You progress. You master one stage of life or one skill in life and the mastery allows you to tackle the next stage, and so on. You don’t forget how to tie your shoes. You don’t forget how to ride a bicycle, or add a column of figures, or any skill you have learned and built on. Your ability to perform the skill may be lost over time, perhaps, but the progress was made and is not reversed. One may still know after one can no longer do.
You grow. You build upon what you are, and the net result is an organic growth, as the growth from cells to embryo to newborn child to adolescent to grown-up to elder. This is not a fluctuating process nor one dependent upon your ability to learn. And the very breakdown of the body that happens unless the life is truncated suddenly is part of the growth process, though not commonly seen that way — for otherwise one would attain a stage and get stuck there (which, in the guise of “eternal life” is some people’s somewhat shortsighted daydream).

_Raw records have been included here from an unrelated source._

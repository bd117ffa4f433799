//! Layouts of plans without a fault, and the limit of gates.

use super::{File, judge, manifest, refused};
use mx_boot::{Area, Layout};
use mx_manifest::{Key, Part};
use mx_model::Gate;
use mx_words::Perm;
use std::alloc::Global;
use std::test::Fail;

/// A module with an image, whose .data is writable and executable by one byte of the file, with a heap area, and a
/// stack area of three
/// words for each hart; and one with inline words right after the last word of .bss.
pub(crate) const MODULES: &str = "[[module]]
name = \"a\"
image = \"a.elf\"
wx = \"rx\"
heap = 0x80004000
heap_words = 8
stack = 0x80003000
stack_words = 3
gates = [{ entry = \"enter\", from = [\"b\"] }, { entry = \"limit\", from = [\"b\"] }]
returns = [\"leave\"]
[[module]]
name = \"b\"
at = 0x8000101C
perm = \"r\"
words = [19, 19]
gates = [{ entry = 0x80001020, from = [\"a\"] }]
returns = [0x80001020]
";

/// Four harts, of which two begin where the manifest says it.
pub(crate) const HARTS: &str = "[[hart]]
module = \"a\"
[[hart]]
module = \"a\"
entry = \"spin\"
[[hart]]
module = \"b\"
[[hart]]
module = \"a\"
entry = 0x80004000
";

/// An area of domain 1 or 2.
fn area(domain: u32, key: Key, address: u32, count: u32, perm: Perm) -> Area {
    Area {
        domain,
        key,
        address,
        count,
        perm,
    }
}

fn gate(domain: u32, word: u32, target: u32) -> Gate {
    Gate {
        domain,
        word,
        target,
    }
}

const STARTS: [u32; 4] = [0x8000_0000, 0x8000_0004, 0x8000_101C, 0x8000_4000];

/// Whether a layout has the expected areas.
fn has_areas(layout: &Layout) -> bool {
    layout.areas.as_slice()
        == [
            area(1, Key::Image, 0x8000_0000, 4, Perm::ExecuteRead),
            area(1, Key::Image, 0x8000_1000, 7, Perm::ExecuteRead),
            area(1, Key::Image, 0x8000_2000, 2, Perm::Read),
            area(1, Key::Heap, 0x8000_4000, 8, Perm::None),
            area(1, Key::Stack, 0x8000_3000, 12, Perm::ReadWrite),
            area(2, Key::At, 0x8000_101C, 2, Perm::Read),
        ]
        .as_slice()
}

/// Whether a layout has the expected gates.
fn has_gates(layout: &Layout) -> bool {
    layout.gates.as_slice()
        == [
            gate(2, 2, 1),
            gate(2, 1024, 1),
            gate(1, 3, 1),
            gate(1, 1032, 2),
            gate(2, 1032, 2),
        ]
        .as_slice()
}

#[test]
fn a_plan_without_a_fault_is_laid_out(rt: HostRuntime) -> Result<(), Fail> {
    let text = manifest(rt.alloc(), MODULES, HARTS)?;
    match judge(
        rt.alloc(),
        text.as_str(),
        &[File::Changed(108, 7), File::None],
    ) {
        Ok(layout) => {
            assert!(rt; has_areas(&layout));
            assert!(rt; has_gates(&layout));
            assert_eq!(rt; layout.starts.as_slice(), STARTS.as_slice());
        }
        Err(refused) => assert_eq!(rt; Some(refused), None),
    }
    Ok(())
}

/// A module of 256 words with return gates at the first so many of them.
fn returning(alloc: Global, name: &str, at: u32, count: u32) -> Result<String, Fail> {
    let mut text = format!(in alloc;
        "[[module]]\nname = \"{name}\"\nat = {at}\nperm = \"rx\"\nwords = [19"
    )?;
    for _ in 1..256 {
        text.push_str(", 19")?;
    }
    text.push_str("]\nreturns = [")?;
    for i in 0..count {
        let entry = format!(in alloc; "{}, ", u64::from(at) + 4 * u64::from(i))?;
        text.push_str(entry.as_str())?;
    }
    text.push_str("]\n")?;
    Ok(text)
}

#[test]
fn at_most_256_gates_stand(rt: HostRuntime) -> Result<(), Fail> {
    for (first, second, answer) in [
        (256, 0, None),
        (200, 56, None),
        (200, 57, refused(17, Part::Module, 2, Key::Returns, 0)),
    ] {
        let a = returning(rt.alloc(), "a", 0x8000_0000, first)?;
        let b = returning(rt.alloc(), "b", 0x8000_4000, second)?;
        let modules = format!(in rt.alloc(); "{}{}", a.as_str(), b.as_str())?;
        let text = manifest(rt.alloc(), modules.as_str(), "[[hart]]\nmodule = \"a\"\n")?;
        assert_eq!(rt;
            judge(rt.alloc(), text.as_str(), &[File::None, File::None]).err(),
            answer
        );
    }
    let a = returning(rt.alloc(), "a", 0x8000_0000, 256)?;
    let modules = format!(in rt.alloc();
        "{}[[module]]\nname = \"b\"\nat = 0x80004000\nperm = \"rx\"\nwords = [19]\ngates = [{{ entry = 0x80004000, from = [\"a\"] }}]\n",
        a.as_str()
    )?;
    let text = manifest(rt.alloc(), modules.as_str(), "[[hart]]\nmodule = \"a\"\n")?;
    let answer = judge(rt.alloc(), text.as_str(), &[File::None, File::None]).err();
    assert_eq!(rt; answer, refused(17, Part::Module, 2, Key::Gates, 0));
    Ok(())
}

You discard. Life is more than the process of addition. Addition without subtraction is not wealth, but clutter. You prune as you grow — old ideas, values, friends, associations, habits. Discarding is as much a form of shaping your life as acquisition.
You lose ground. Progress in one area may amount to regress in a complementary or a contradictory area. An adolescent loses the spontaneous charm and coordination of the child, and has little of value to replace it with until the process is completed and the child has been replaced by the adult. But, more than that, high ideals at one stage of life may prove too expensive at another stage, and be lost however regretfully. Or the nectar of life that is sipped at youth may fade into the common light of day — a la Wordsworth. These things may or may not be avoidable, but certainly they are not necessarily progress.
You incorporate. Something comes your way and you say “this is for me!” How long, Frank, did you read Thoreau before adopting him body and soul, so to speak? One chapter in Walden? Less? This influence came to you and captured you, and you captured it, and you were permanently changed. John F. Kennedy, the same, and a decade earlier. Lincoln a few years before that. You see? Not skills, not growth; sudden incorporation.
You express various aspects of yourself, of the person-group that you are.
Let’s stop here. It’s 6 AM and that last one sounds like a major topic in itself.